I suspect this could be useful! But then I also suspected weather would be as well!
# at this point you'd think i would be smart enough to write a function that accepts
# a customizable input_length but obviously i'm not
def lstm_model3 (X_train, y_train,test, val='no'):
model = Sequential()
model.add(Embedding(50000,300,input_length=507, weights=[emb_matrix]))
model.add(Convolution1D(filters=128, kernel_size=5, padding='same', activation='relu'))
model.add(MaxPooling1D(5))
model.add(Dropout(0.2))
model.add(Bidirectional(LSTM(128,dropout=0.1,recurrent_dropout=0.1)))
model.add(Dense(5,activation='softmax'))
sgd = SGD(lr=0.1, decay=1e-6, momentum=0.9)
model.compile(loss='categorical_crossentropy',optimizer=sgd,metrics=['accuracy'])
if val == 'no':
model.fit(X_train,y_train,batch_size=128,epochs=3)
else:
model.fit(X_train,y_train,batch_size=128,epochs=3,validation_split=0.2)
pred = model.predict(test)
return pred
reviews_d = pd.read_csv(f'{PATH}review_on.csv', index_col=0)
reviews_d = reviews_d['date']
for i,d in enumerate(reviews_d):
reviews_d[i] = datetime.strptime(d, '%Y-%m-%d').weekday()
enc = LabelEncoder()
enc.fit(reviews_d)
dow = enc.transform(reviews_d)
dummy_dow = np_utils.to_categorical(dow)
X3 = np.concatenate((padded,dummy_dow),axis=1)
# Remember when 16 gb of RAM was more than enough for pretty much anything?
del padded, dummy_dow, data
X_train, X_test, y_train, y_test = train_test_split(X3, dummy_y, test_size=0.2, random_state=202)
pred4 = lstm_model3 (X_train, y_train, X_test, val='yes')
Train on 405993 samples, validate on 101499 samples Epoch 1/3 405993/405993 [==============================] - 1114s 3ms/step - loss: 1.0068 - acc: 0.5516 - val_loss: 0.9247 - val_acc: 0.5856 Epoch 2/3 405993/405993 [==============================] - 1107s 3ms/step - loss: 0.9121 - acc: 0.5944 - val_loss: 0.8907 - val_acc: 0.6033 Epoch 3/3 405993/405993 [==============================] - 1147s 3ms/step - loss: 0.8840 - acc: 0.6064 - val_loss: 0.8784 - val_acc: 0.6111
roc_auc_score(y_test,pred4)
0.8835195453706615
preds4 = np.argmax(pred4, axis=1)
ys = np.argmax(y_test, axis=1)
print(classification_report(ys,preds4))
precision recall f1-score support 0 0.77 0.75 0.76 15267 1 0.51 0.37 0.43 13048 2 0.53 0.47 0.50 22102 3 0.54 0.67 0.60 39179 4 0.72 0.65 0.68 37278 avg / total 0.61 0.61 0.61 126874
confusion_matrix (ys, preds4)
array([[11421, 2288, 701, 391, 466], [ 2622, 4869, 4012, 1218, 327], [ 520, 2133, 10494, 8167, 788], [ 186, 271, 4311, 26426, 7985], [ 170, 52, 405, 12543, 24108]])
So again, not much difference from just looking at the comment text. A big takeaway from all of this is that 2 star ratings seem to be the most ambiguous, followed by 3 star ratings.

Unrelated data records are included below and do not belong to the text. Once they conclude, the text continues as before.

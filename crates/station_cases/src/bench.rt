//! The bench of a case, with which its commands are carried out.

use crate::askers::{ask_asker, asker_of};
use crate::asking::ask_user;
use crate::beginning::{cabled_router_of, live_node_of, live_router_of, node_of, router_of};
use crate::frames::{Frame, frame_of};
use crate::on_cables;
use crate::outputs::put_next;
use crate::passing::{hear, let_pass};
use crate::plan::Plan;
use crate::routers::ask_router;
use cabled::{CabledRouter, Peers};
use case_words::{Answer, Bench, Stop, Words};
use end_node::EndNode;
use live_node::LiveNode;
use live_router::LiveRouter;
use router::Router;
use rtmp::RouteTable;
use station::ways::straight;
use std::alloc::Global;
use survey::Asker;

/// The station of a case, by its kind.
#[derive(Drop)]
enum Subject<T: RouteTable> {
    Nothing,
    Router(Router<T>),
    LiveRouter(LiveRouter<T>),
    CabledRouter(CabledRouter<T>),
    Asker(Asker),
    Node(EndNode),
    LiveNode(LiveNode),
}

/// Room for the lines of a station's outputs: 256 datagrams of 599 bytes, in hexadecimal digits.
const ROOM: usize = 400_000;

/// The plan of a case's station, the station itself, the number of its ticks so far, and the bytes
/// with which the next frame begins.
#[derive(Drop)]
pub(crate) struct Stations<T: RouteTable> {
    alloc: Global,
    plan: Plan,
    subject: Subject<T>,
    ticks: u32,
    bytes: Vec<u8>,
}

/// The live station of a plan, of this kind.
fn live_subject_of<T: RouteTable>(
    alloc: Global,
    plan: &Plan,
    kind: &str,
) -> Result<Subject<T>, Stop> {
    match kind {
        "router" => Ok(Subject::LiveRouter(live_router_of(alloc, plan)?)),
        "node" => Ok(Subject::LiveNode(live_node_of(alloc, plan)?)),
        _ => Err(Stop::Unclear),
    }
}

/// The router of a plan with its ports on cables, which follows these rules.
fn cabled_subject_of<T: RouteTable>(
    alloc: Global,
    plan: &Plan,
    rules: &str,
) -> Result<Subject<T>, Stop> {
    let peers = match rules {
        "played" => Peers::Played,
        "real" => Peers::Real,
        _ => return Err(Stop::Unclear),
    };
    Ok(Subject::CabledRouter(cabled_router_of(alloc, plan, peers)?))
}

/// The station of a plan, of this kind.
fn subject_of<T: RouteTable>(
    alloc: Global,
    plan: &Plan,
    mut words: Words<'_>,
) -> Result<Subject<T>, Stop> {
    match words.word() {
        "live" => live_subject_of(alloc, plan, words.word()),
        "cabled" => cabled_subject_of(alloc, plan, words.word()),
        "asks" => Ok(Subject::Asker(asker_of(alloc, &mut words)?)),
        "router" => Ok(Subject::Router(router_of(alloc, plan)?)),
        "node" => Ok(Subject::Node(node_of(alloc, plan)?)),
        _ => Err(Stop::Unclear),
    }
}

impl<T: RouteTable> Subject<T> {
    fn hear(&mut self, alloc: Global, frame: &Frame, text: &mut String) -> Answer {
        match self {
            Subject::Nothing | Subject::CabledRouter(_) | Subject::Asker(_) => Err(Stop::Unclear),
            Subject::Router(router) => hear(alloc, router, frame, text),
            Subject::LiveRouter(live) => hear(alloc, live, frame, text),
            Subject::Node(node) => hear(alloc, node, frame, text),
            Subject::LiveNode(live) => hear(alloc, live, frame, text),
        }
    }

    /// Lets a station with ports on cables that it doesn't own hear a frame.
    fn hear_frame(
        &mut self,
        alloc: Global,
        first: &[u8],
        words: Words<'_>,
        text: &mut String,
    ) -> Answer {
        match self {
            Subject::CabledRouter(router) => on_cables::hear(alloc, router, first, words, text),
            Subject::Asker(asker) => on_cables::hear(alloc, asker, first, words, text),
            _ => Err(Stop::Unclear),
        }
    }

    /// Advances the station by a tick. Each output line begins with the tick's number, if one is
    /// given. Returns the number of outputs.
    fn tick(
        &mut self,
        alloc: Global,
        number: Option<u32>,
        text: &mut String,
    ) -> Result<usize, Stop> {
        match self {
            Subject::Nothing => Err(Stop::Unclear),
            Subject::Router(router) => let_pass(alloc, router, number, text),
            Subject::LiveRouter(live) => let_pass(alloc, live, number, text),
            Subject::CabledRouter(router) => on_cables::let_pass(alloc, router, number, text),
            Subject::Asker(asker) => on_cables::let_pass(alloc, asker, number, text),
            Subject::Node(node) => let_pass(alloc, node, number, text),
            Subject::LiveNode(live) => let_pass(alloc, live, number, text),
        }
    }

    /// Answers a question about the station's state, or carries out a call of its user.
    fn ask(&mut self, alloc: Global, words: Words<'_>, text: &mut String) -> Answer {
        match self {
            Subject::Nothing => Err(Stop::Unclear),
            Subject::Router(router) => ask_router(router, words, text),
            Subject::LiveRouter(live) => ask_live_router(live, words, text),
            Subject::CabledRouter(router) => ask_router(router.router().router(), words, text),
            Subject::Asker(asker) => ask_asker(asker, words, text),
            Subject::Node(node) => ask_user(alloc, node, words, text),
            Subject::LiveNode(live) => ask_user(alloc, live, words, text),
        }
    }
}

fn ask_live_router<T: RouteTable>(
    live: &mut LiveRouter<T>,
    mut words: Words<'_>,
    text: &mut String,
) -> Answer {
    if words.passes("give-up") {
        live.give_up(words.addr()?);
        return Ok(());
    }
    ask_router(live.router(), words, text)
}

impl<T: RouteTable> Stations<T> {
    fn begin(&mut self, words: Words<'_>) -> Answer {
        self.subject = subject_of(self.alloc, &self.plan, words)?;
        self.ticks = 0;
        Ok(())
    }

    fn hear(&mut self, words: Words<'_>, text: &mut String) -> Answer {
        let frame = frame_of(self.alloc, self.bytes.as_slice(), words)?;
        self.subject.hear(self.alloc, &frame, text)?;
        self.bytes.clear();
        if text.as_str().is_empty() {
            writeln!(text, "nothing")?;
        }
        Ok(())
    }

    fn hear_frame(&mut self, words: Words<'_>, text: &mut String) -> Answer {
        let first = self.bytes.as_slice();
        self.subject.hear_frame(self.alloc, first, words, text)?;
        self.bytes.clear();
        if text.as_str().is_empty() {
            writeln!(text, "nothing")?;
        }
        Ok(())
    }

    fn tick(&mut self, text: &mut String) -> Answer {
        let _ = self.subject.tick(self.alloc, None, text)?;
        self.ticks = self.ticks.saturating_add(1);
        if text.as_str().is_empty() {
            writeln!(text, "nothing")?;
        }
        Ok(())
    }

    /// Advances the station by ticks, and appends each output with the number of its tick.
    fn ticks(&mut self, count: u32, text: &mut String) -> Answer {
        for _ in 0..count {
            self.ticks = self.ticks.saturating_add(1);
            let _ = self.subject.tick(self.alloc, Some(self.ticks), text)?;
        }
        if text.as_str().is_empty() {
            writeln!(text, "nothing")?;
        }
        Ok(())
    }

    /// Advances the station by ticks, and appends the number of outputs.
    fn pass(&mut self, count: u32, text: &mut String) -> Answer {
        let mut sum = 0usize;
        for _ in 0..count {
            let many = self.subject.tick(self.alloc, None, text)?;
            sum = sum.saturating_add(many);
            text.clear();
        }
        self.ticks = self.ticks.saturating_add(count);
        writeln!(text, "{sum} put out")?;
        Ok(())
    }

    fn keep(&mut self, words: &mut Words<'_>) -> Answer {
        let bytes = words.bytes(self.alloc)?;
        self.bytes.extend_from_slice(bytes.as_slice())?;
        Ok(())
    }
}

/// Appends the next station of a datagram on the cable of its target.
fn put_straight(words: &mut Words<'_>, text: &mut String) -> Answer {
    put_next(text, straight(words.addr()?))?;
    writeln!(text)?;
    Ok(())
}

impl<T: RouteTable> Bench for Stations<T> {
    fn new(alloc: Global) -> Stations<T> {
        Stations {
            alloc,
            plan: Plan::new(alloc),
            subject: Subject::Nothing,
            ticks: 0,
            bytes: Vec::new(alloc),
        }
    }

    fn act(&mut self, mut words: Words<'_>, text: &mut String) -> Answer {
        text.reserve(ROOM)?;
        let line = words;
        match words.word() {
            "port" | "row" | "list" | "zone" | "router" | "name" | "unname" => {
                self.plan.act(self.alloc, line, text)
            }
            "begin" => self.begin(words),
            "bytes" => self.keep(&mut words),
            "hears" => self.hear(words, text),
            "frame" => self.hear_frame(words, text),
            "tick" => self.tick(text),
            "ticks" => self.ticks(words.number()?, text),
            "pass" => self.pass(words.number()?, text),
            "straight" => put_straight(&mut words, text),
            _ => self.subject.ask(self.alloc, line, text),
        }
    }
}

Also, the GLoVe embeddings don't really seem to do much here except take up RAM. Having the pretrained weights seems to have a very slightly positive effect on accuracy - as long as additional training is kept on. 630000+ reviews is a lot of text to train on, probably enough to get a very good picture of the semantic relationships in Yelp reviews.
It would probably make more sense to look at business types separately, especially restaurants. The kinds of things people talk about in a restaurant review would seem to be different from what they would write for a hardware store. Similarly, mood effects from weather or day of week could differ for different types of businesses. Or the effects are not strong enough.
While weather and day of week don't seem to have a huge behavioral effect when it comes to rating businesses (or the effects have already been expressed in the review text), it should be worth exploring other factors that might affect consumer perceptions. For example, they might give more favorable ratings on holidays, less favorable ratings if their favorite political candidate loses an election, or if economic conditions worsen, if there has been a swine flu or mad cow outbreak, or if recent news events have been very negative.
If businesses can better understand the things affecting their customers' moods, they would be better equipped to perhaps try to counteract certain kinds of negative sentiments that might negatively affect their ratings.